Out-of-time-order fluctuation-dissipation theorem
Naoto Tsuji, Tomohiro Shitara, Masahito Ueda
TL;DR
This work addresses generalizing the fluctuation-dissipation theorem to out-of-time-ordered correlators in quantum thermal systems by introducing bipartite OTOCs and quantifying the bipartite–physical difference with the Wigner–Yanase skew information. The authors prove a universal out-of-time-order FDT for bipartite OTOCs, relate it to a nonlinear response under a time-reversed protocol, and extend it to $n$-partite OTOCs and generalized covariance using a canonical OTOC $\Phi_{(AB)^n}$. The key contribution is a second-moment relation $C_{\{A,B\}^2}(\omega)+C_{[A,B]^2}(\omega)=2\coth\left(\frac{\beta\hbar\omega}{4}\right) C_{\{A,B\}[A,B]}(\omega)$, plus its higher-order and generalized-covariance extensions, which unify special cases (e.g., $n=2$) and connect chaotic dynamics to nonlinear response in thermal quantum systems. This framework enables new routes to probe quantum chaos via nonlinear response measurements and deepens the link between quantum fluctuations, chaos, and dissipation.
Abstract
We prove a generalized fluctuation-dissipation theorem for a certain class of out-of-time-ordered correlators (OTOCs) with a modified statistical average, which we call bipartite OTOCs, for general quantum systems in thermal equilibrium.

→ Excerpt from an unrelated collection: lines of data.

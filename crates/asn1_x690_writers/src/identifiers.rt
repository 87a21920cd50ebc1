//! Identifier octets (X.690 8.1.2).

ghost use Rattle.std.specs.Prelude.{◌≡◌, ◌+◌, ◌-◌, ◌*◌, ◌/◌, ◌%◌, ◌^◌, ◌<◌, ◌≤◌, ◌∷◌, length};
ghost use Rattle.asn1_bits.specs.Bits.{bits, is_odd};
ghost use Rattle.asn1_oid.specs.Writing.{last_octets};
ghost use Rattle.asn1_x690.specs.Elements.{class_of, identifier};
ghost use Rattle.asn1_x690_writers.specs.Written.{IsWritten};
ghost use Rattle.asn1_x691_writers.specs.Written.{IsGrown};

use crate::octets::put_octet;
use asn1_x690::{Class, Identifier, Tag};
use asn1_x691_writers::put_number;

/// Returns bits 8 and 7 of the first octet (8.1.2.2).
#[inline(always)]
fn class_bits(class: Class) -> u64
    ensures below { result < 4 }
    ensures class { class_of result ≡ class }
{
    match class {
        Class::Universal => 0,
        Class::Application => 1,
        Class::Context => 2,
        Class::Private => 3,
    }
}

/// Returns the first octet, of which bits 5 to 1 are given.
#[inline(always)]
fn first_octet(id: Identifier, low: u64) -> u64
    requires { low < 32 }
    ensures below { result < 256 }
    ensures low { result % 32 ≡ low }
    ensures class { class_of (result / 64) ≡ id.tag.class }
    ensures form { is_odd (result / 32) ≡ id.is_constructed }
{
    let form = if id.is_constructed { 32 } else { 0 };
    64 * class_bits(id.tag.class) + form + low
}

/// Writes identifier octets (X.690 8.1.2). Returns the index of the bit after them.
#[inline(always)]
pub fn put_identifier(octets: &mut [u8], at: usize, id: &Identifier) -> usize
    requires { 8 * length octets.old < 2 ^ 64 }
    ensures { IsWritten identifier id.now octets.old at octets.new result }
{
    if id.tag.number < 31 {
        return put_octet(octets, at, first_octet(*id, id.tag.number) as u8);
    }
    put_high_identifier(octets, at, id.tag.class, id.tag.number, id.is_constructed)
}

/// Writes identifier octets of a number from 31 on, and returns the index after them. Takes the fields
/// of the identifier, so that the caller can keep them in registers.
#[cold]
#[inline(never)]
fn put_high_identifier(
    octets: &mut [u8],
    at: usize,
    class: Class,
    number: u64,
    is_constructed: bool,
) -> usize
    requires size { 8 * length octets.old < 2 ^ 64 }
    requires long { 31 ≤ number }
    ensures { IsWritten identifier (record { tag = record { class = class; number = number }; is_constructed = is_constructed })
        octets.old at octets.new result }
{
    let own = Identifier {
        tag: Tag { class, number },
        is_constructed,
    };
    put_long_identifier(octets, at, own)
}

/// Writes identifier octets of a number from 31 on (8.1.2.4). Returns the index after them.
fn put_long_identifier(octets: &mut [u8], at: usize, id: Identifier) -> usize
    requires size { 8 * length octets.old < 2 ^ 64 }
    requires long { 31 ≤ id.tag.number }
    ensures { IsWritten identifier id octets.old at octets.new result }
{
    let next = put_number(octets, at, first_octet(id, 31), 8);
    let count = digit_count(id.tag.number);
    put_digits(octets, next, id.tag.number, count)
}

/// Returns how many octets hold a number above 0, seven of its digits in each.
fn digit_count(number: u64) -> usize
    requires { 0 < number }
    ensures some { 0 < result }
    ensures few { result ≤ 10 }
    ensures holds { number < 2 ^ (7 * result) }
    ensures least { 2 ^ (7 * (result - 1)) ≤ number }
{
    for count in 1..10usize {
        if number < 1u64 << (7 * count) {
            return count;
        }
    }
    10
}

/// Returns the octet with which the last `left + 1` of those of a number begin.
fn digit_at(number: u64, left: usize) -> u64
    requires { left < 10 }
    ensures first { last_octets number (left + 1) ≡ result ∷ last_octets number left }
    ensures below { result < 256 }
{
    let more = if left == 0 { 0 } else { 128 };
    more + (number >> (7 * left)) % 128
}

/// Writes the last `count` octets of a number. Returns the index after them.
fn put_digits(octets: &mut [u8], at: usize, number: u64, count: usize) -> usize
    requires size { 8 * length octets.old < 2 ^ 64 }
    requires count { count ≤ 10 }
    ensures { IsGrown octets.old at octets.new result (bits (last_octets number count)) }
{
    if count == 0 {
        return at;
    }
    let next = put_number(octets, at, digit_at(number, count - 1), 8);
    put_digits(octets, next, number, count - 1)
}
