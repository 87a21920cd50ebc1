//! The SET OFs of a value.

use crate::context::Context;
use asn1_schema::{Node, Part, Rows};
use asn1_schema_values::{end_of, end_of_values};
use std::alloc::{AllocError, Global};

/// How many open types may hold one another.
const MAX_OPEN: usize = 64;

/// A value of a SET OF.
#[derive(Clone, Copy, Debug)]
pub(crate) struct Set {
    /// The node of the type of its items.
    pub(crate) item: usize,
    /// The index of the part that counts its items.
    pub(crate) head: usize,
}

/// What is left of a value.
#[derive(Clone, Copy, Debug)]
enum Left {
    /// A value of the type at a node.
    Value(usize),
    /// Values of the type at a node, and their number.
    Items(usize, usize),
    /// Components.
    Members(Rows),
    /// Additions, after the part that counts them.
    Additions(Rows),
    /// The number of additions that the schema does not know.
    Unknown(usize),
}

/// A walk over the parts of a value.
#[derive(Drop)]
struct Walk<'s> {
    context: Context<'s>,
    parts: &'s [Part],
    at: usize,
    left: Vec<Left>,
    sets: Vec<Set>,
}

/// Returns the SET OFs of a value of the type at a node, each before those inside it. If the parts are no
/// value, it returns those before the first part that does not fit.
///
/// # Errors
///
/// Returns an error if out of memory.
pub(crate) fn sets_of<'x>(
    alloc: Global,
    context: &'x Context<'x>,
    node: usize,
    parts: &'x [Part],
) -> Result<Vec<Set>, AllocError> {
    let mut walk = Walk {
        context: *context,
        parts,
        at: 0,
        left: Vec::new(alloc),
        sets: Vec::new(alloc),
    };
    walk.left.push(Left::Value(node))?;
    // Each part is at most one value, one component or item, and a list of them.
    let most = parts.len().saturating_mul(4).saturating_add(4);
    for _ in 0..most {
        let Some(next) = walk.left.pop() else {
            break;
        };
        if !walk.step(next)? {
            break;
        }
    }
    let Walk { sets, .. } = walk;
    Ok(sets)
}

impl Walk<'_> {
    /// Goes on by one step. Returns whether the parts fit.
    fn step(&mut self, next: Left) -> Result<bool, AllocError> {
        match next {
            Left::Value(node) => self.value(node),
            Left::Items(_, 0) => Ok(true),
            Left::Items(node, count) => {
                self.left.push(Left::Items(node, count - 1))?;
                self.left.push(Left::Value(node))?;
                Ok(true)
            }
            Left::Members(rows) => self.members(rows),
            Left::Additions(rows) => self.additions(rows),
            Left::Unknown(count) => Ok(self.pass(end_of_values(self.parts, self.at, count))),
        }
    }

    /// Moves on to a part, if there is one. Returns whether there is.
    fn pass(&mut self, end: Option<usize>) -> bool {
        match end {
            Some(at) => {
                self.at = at;
                true
            }
            None => false,
        }
    }

    /// Leaves components.
    fn members(&mut self, rows: Rows) -> Result<bool, AllocError> {
        if rows.count == 0 {
            return Ok(true);
        }
        let Some(member) = self.context.tables.members.get(rows.from).copied() else {
            return Ok(false);
        };
        self.left.push(Left::Members(Rows {
            from: rows.from.saturating_add(1),
            count: rows.count - 1,
        }))?;
        self.left.push(Left::Value(member.node))?;
        Ok(true)
    }

    /// Leaves additions, of which the schema knows the first.
    fn additions(&mut self, rows: Rows) -> Result<bool, AllocError> {
        let Some(Part::Additions(count)) = self.parts.get(self.at).copied() else {
            return Ok(false);
        };
        self.at = self.at.saturating_add(1);
        let known = count.min(rows.count as usize);
        self.left.push(Left::Unknown(count.saturating_sub(known)))?;
        self.left.push(Left::Members(Rows {
            from: rows.from,
            count: known as u32,
        }))?;
        Ok(true)
    }

    /// Returns the type that open types around it hold.
    fn held_by(&self, node: usize) -> Option<Node> {
        let mut at = node;
        for _ in 0..MAX_OPEN {
            let is_any = self
                .context
                .tags
                .types
                .get(at)
                .is_some_and(|tags| tags.is_any);
            match self.context.tables.nodes.get(at).copied()? {
                Node::Open { inner } if !is_any => at = inner,
                kind => return Some(kind),
            }
        }
        None
    }

    /// Leaves what a value holds.
    fn value(&mut self, node: usize) -> Result<bool, AllocError> {
        let Some(kind) = self.held_by(node) else {
            return Ok(false);
        };
        let Some(part) = self.parts.get(self.at).copied() else {
            return Ok(false);
        };
        let head = self.at;
        self.at = self.at.saturating_add(1);
        match (kind, part) {
            (
                Node::Sequence {
                    root,
                    additions,
                    ..
                },
                Part::Sequence { is_extended, .. },
            ) => {
                if is_extended {
                    self.left.push(Left::Additions(additions))?;
                }
                self.left.push(Left::Members(root))?;
            }
            (Node::SequenceOf { item, .. }, Part::Count(count)) => {
                self.left.push(Left::Items(item, count))?;
            }
            (Node::SetOf { item, .. }, Part::Count(count)) => {
                self.sets.push(Set { item, head })?;
                self.left.push(Left::Items(item, count))?;
            }
            (
                Node::Choice {
                    alternatives,
                    additions,
                    ..
                },
                Part::Chosen(index),
            ) => return self.alternative(alternatives, additions, index),
            _ => return Ok(self.pass(end_of(self.parts, head))),
        }
        Ok(true)
    }

    /// Leaves the alternative of an index.
    fn alternative(
        &mut self,
        root: Rows,
        additions: Rows,
        index: usize,
    ) -> Result<bool, AllocError> {
        let before = root.count as usize;
        let row = if index < before {
            root.from.saturating_add(index)
        } else {
            additions.from.saturating_add(index - before)
        };
        let Some(member) = self.context.tables.members.get(row).copied() else {
            return Ok(false);
        };
        self.left.push(Left::Value(member.node))?;
        Ok(true)
    }
}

The difference between the bipartite and physical OTOCs defined by the usual statistical average is quantified by a measure of quantum fluctuations known as the Wigner-Yanase skew information. Within this difference, the theorem describes a universal relation between chaotic behavior in quantum systems and a nonlinear-response function that involves a time-reversed process. We show that the theorem can be generalized to higher-order $n$-partite OTOCs as well as in the form of generalized covariance.